2017-07-31 10:41:58.992 GCDDemo[12353:106684] dispath-group index: 1, current thread: <NSThread: 0x608000075ec0>{number = 3, name = (null)}
2017-07-31 10:41:58.992 GCDDemo[12353:106671] dispath-group index: 2, current thread: <NSThread: 0x608000075d80>{number = 4, name = (null)}
2017-07-31 10:41:58.992 GCDDemo[12353:106668] dispath-group index: 3, current thread: <NSThread: 0x608000075c00>{number = 5, name = (null)}
2017-07-31 10:41:58.993 GCDDemo[12353:106620] group-notify current thread: <NSThread: 0x600000066bc0>{number = 1, name = main}
2017-07-31 10:41:58.993 GCDDemo[12353:106620] a + b + c = 9

从输出结果上可以看出对a、b、c的赋值分别是在不同的线程中完成的，各个线程赋值结束后在回到主线程对a、b、c进行加法运算。

快速迭代：
快速迭代可以同时遍历多个数字，多用于循环量特别大的操作中。如加载相册图片，当图片有上百张的时候可能会造成卡顿现象，就可以使用快速迭代的方法。

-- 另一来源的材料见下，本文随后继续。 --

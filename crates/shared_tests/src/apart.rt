//! A lane that is held back makes no other lane wait.

use crate::acts::{Act, tell};
use crate::runs::{Run, play};
use crate::said::{Said, push_line};
use crate::watch::Watch;
use entity_routing::Place;
use shared_entity::Entity;
use shared_lanes::{Names, Point};
use std::alloc::{AllocError, Global};
use std::sync::Wait;
use std::test::*;
use std::thread;
use std::thread::Threads;

/// Holds back the first user's receiving lane until both users have put a file, and while one more datagram arrives for
/// that lane. Adds the outcomes of the datagrams and the Puts, and how many locks each thread had.
pub(crate) fn hold_back<N: Names + Send + Sync, R: Threads + Wait + Copy + Send + Sync>(
    rt: &R,
    alloc: Global,
    text: &mut String,
    entity: &Entity<N, R>,
) -> Result<(), AllocError> {
    let gate = Watch::holding(*rt, Point::Locked(0), 4);
    let (held, ((first, second), tried)) = thread::join(
        rt,
        || tell(rt, alloc, entity, &gate, Act::Metadata(1, 5)),
        || {
            thread::join(
                rt,
                || put_both(rt, alloc, entity, &gate),
                || try_lane(rt, alloc, entity, &gate),
            )
        },
    );
    for noted in [first, second, tried] {
        noted.push(text)?;
    }
    held.push(text)?;
    push_line(text, "points and held", &[gate.points(), gate.met()])
}

// The outcome of an event, and the points that its thread reached.
#[derive(Clone, Copy)]
struct Noted {
    said: Said,
    points: u64,
}

impl Noted {
    fn push(self, text: &mut String) -> Result<(), AllocError> {
        push_line(text, "points", &[self.points])?;
        self.said.push(text)
    }
}

// Passes an event to its lane.
fn note<N: Names, R: Wait + Copy>(rt: &R, alloc: Global, entity: &Entity<N, R>, act: Act) -> Noted {
    let gate = Watch::new(*rt);
    let said = tell(rt, alloc, entity, &gate, act);
    Noted {
        said,
        points: gate.points(),
    }
}

// Has both users put a file while the lane is held.
fn put_both<N: Names, R: Wait + Copy>(
    rt: &R,
    alloc: Global,
    entity: &Entity<N, R>,
    gate: &Watch<R>,
) -> (Noted, Noted) {
    gate.waits_for(1);
    let second = note(rt, alloc, entity, Act::Put(Place { user: 1, lane: 0 }, 1));
    gate.arrive();
    let first = note(rt, alloc, entity, Act::Put(Place { user: 0, lane: 0 }, 1));
    gate.arrive();
    (first, second)
}

// Delivers the file's EOF while the lane is held.
fn try_lane<N: Names, R: Wait + Copy>(
    rt: &R,
    alloc: Global,
    entity: &Entity<N, R>,
    gate: &Watch<R>,
) -> Noted {
    gate.waits_for(1);
    gate.arrive();
    note(rt, alloc, entity, Act::Eof(1, 5))
}

// The EOF comes to the lane after the Metadata, so the deposit follows from the EOF.
#[test]
fn lanes_run_apart(rt: HostRuntime) -> Result<(), Fail> {
    let text = play(rt, 8, Run::Apart)?;
    assert_eq!(rt; text.as_str(), SAID);
    Ok(())
}

const SAID: &str = "points 1
step 4 0 0
points 100
step 5 0 0
points 1
step 5 1 0
step 5 0 1000
points and held 1 1
";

dispatch_apply(10, dispatch_get_global_queue(DISPATCH_QUEUE_PRIORITY_DEFAULT, 0), ^(size_t index) {
    NSLog(@"apply index: %zu, current thread: %@", index, [NSThread currentThread]);
});

输出结果如下：

2017-07-31 11:14:51.059 GCDDemo[12353:106620] apply index: 0, current thread: <NSThread: 0x600000066bc0>{number = 1, name = main}
2017-07-31 11:14:51.059 GCDDemo[12353:106669] apply index: 1, current thread: <NSThread: 0x608000076bc0>{number = 7, name = (null)}
2017-07-31 11:14:51.059 GCDDemo[12353:131416] apply index: 2, current thread: <NSThread: 0x608000077240>{number = 13, name = (null)}
2017-07-31 11:14:51.059 GCDDemo[12353:131417] apply index: 3, current thread: <NSThread: 0x608000077540>{number = 14, name = (null)}
2017-07-31 11:14:51.059 GCDDemo[12353:106620] apply index: 4, current thread: <NSThread: 0x600000066bc0>{number = 1, name = main}
2017-07-31 11:14:51.059 GCDDemo[12353:131416] apply index: 6, current thread: <NSThread: 0x608000077240>{number = 13, name = (null)}
2017-07-31 11:14:51.059 GCDDemo[12353:106669] apply index: 5, current thread: <NSThread: 0x608000076bc0>{number = 7, name = (null)}
2017-07-31 11:14:51.059 GCDDemo[12353:131417] apply index: 7, current thread: <NSThread: 0x608000077540>{number = 14, name = (null)}
2017-07-31 11:14:51.059 GCDDemo[12353:106620] apply index: 8, current thread: <NSThread: 0x600000066bc0>{number = 1, name = main}
2017-07-31 11:14:51.059 GCDDemo[12353:131416] apply index: 9, current thread: <NSThread: 0x608000077240>{number = 13, name = (null)}

从输出结果上可以看出该函数开启了多条新的线程，进行数字的遍历操作。

7、总结

GCD的使用过程是指定任务的执行方法（同步、异步），并把任务添加到串行队列或者并发队列中，通过CPU调度执行。
上述只是GCD的基本使用方法，具体要结合使用环境，灵活运用。